This morning Justin and I wandered down to the Bookshelf where the plan was for him to have a crack at trad. It was a crisp clear morning and the moon was still bright in sky as we walked along the rocky shoreline:

Being his first use of trad I set him to work on placing a heap of gear, without any info. The deal was to place wires, hexes and cams, so I could then check out and talk about the pros and cons of the placements. It soon dawned that this trad malarkey was a bit more fiddly that it may first look:

As Justin was busy working some gear in the rock I sat and watched the moon and waves. The swell was clean and broke in great sprays on the rocky ledges. Better still, with a seaward breeze all morning the rock was in great condition. The Bookshelf is one of the few crags that you can sit with your feet dangling practically in the water. It may be a very short face but the scenery and location more than make up for it:

After checking the placements and giving a few pointers, it was time to get on the pointy end.
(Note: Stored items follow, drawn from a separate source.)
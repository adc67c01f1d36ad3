// Nothing but theorems, which stand in proofs/: what the crates below promise together.
#![tactic(auto)]
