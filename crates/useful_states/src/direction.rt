//! The two directions in which moves are followed.

/// How moves are followed.
#[derive(Clone, Copy)]
pub enum Direction {
    /// From source to target.
    Forward,
    /// From target to source.
    Backward,
}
The great thing about this place, is that unlike most others in the SW of WA the low grade climbs have heaps of gear, which make them great for a trad intro. The one rule of the day was to stitch each climb up:

As the first lead was being finished the morning sun was hitting the top of Willyabrup and I noticed through the morning a fair few people milling about on the top. Reckon it’d have been a busy day there but we had this little crag all to ourselves:

After a successful first lead and belay set up, I suggested Justin check the crag out (without the guidebook) and pick a line that he liked the look of. He seemed to be drawn to the far end where the wall was that bit higher and also a tad steeper. His eyes were fixed on One Too Many, which proved yet again to be aptly named:

While I did wonder about his choice, as I knew it was double the grade of the first lead, but again it had a heap of gear opportunities. So with a bit of encouragement to keep placing gear he made his way up and a couple of times rapidly back down this line. The gear was good and held when it needed too, and eventually he topped out:

Another great thing about the Bookshelf is that you get heaps of practice setting up belays, and as the morning wore on Justin was getting quicker at them. The only problem with that being that he would be up for the next lead, after all he did come down to learn trad and that can only be done by leading:

After taking a bit of a hiding on his chosen climb I picked the next few leads. Carefully selecting lines that were never too hard but for which the gear was a bit more fiddly to place due to the stances. He made short work of them and was clocking up some good leads, placing solid gear:

I eventually steered him to what I reckon is one of the best routes here. It was a bit more sustained but not as hard as his second lead. The climb probably felt harder as I kept ‘suggesting’ it was time to get another, and another, and another piece in. His arms were definitely starting to tire on this line:

So for one last climb I led a route and let him have a relaxed second, as the sun was swinging round to hit the main face. That meant it was time to call it a day and plod back up the hill to the carpark where, as suspected, there were a heap of cars and even more coming in as we drove out:

It would seem that Justin has been totally taken in with trad and is super keen to get back out and place more gear. My work for the day was done and another person has been converted!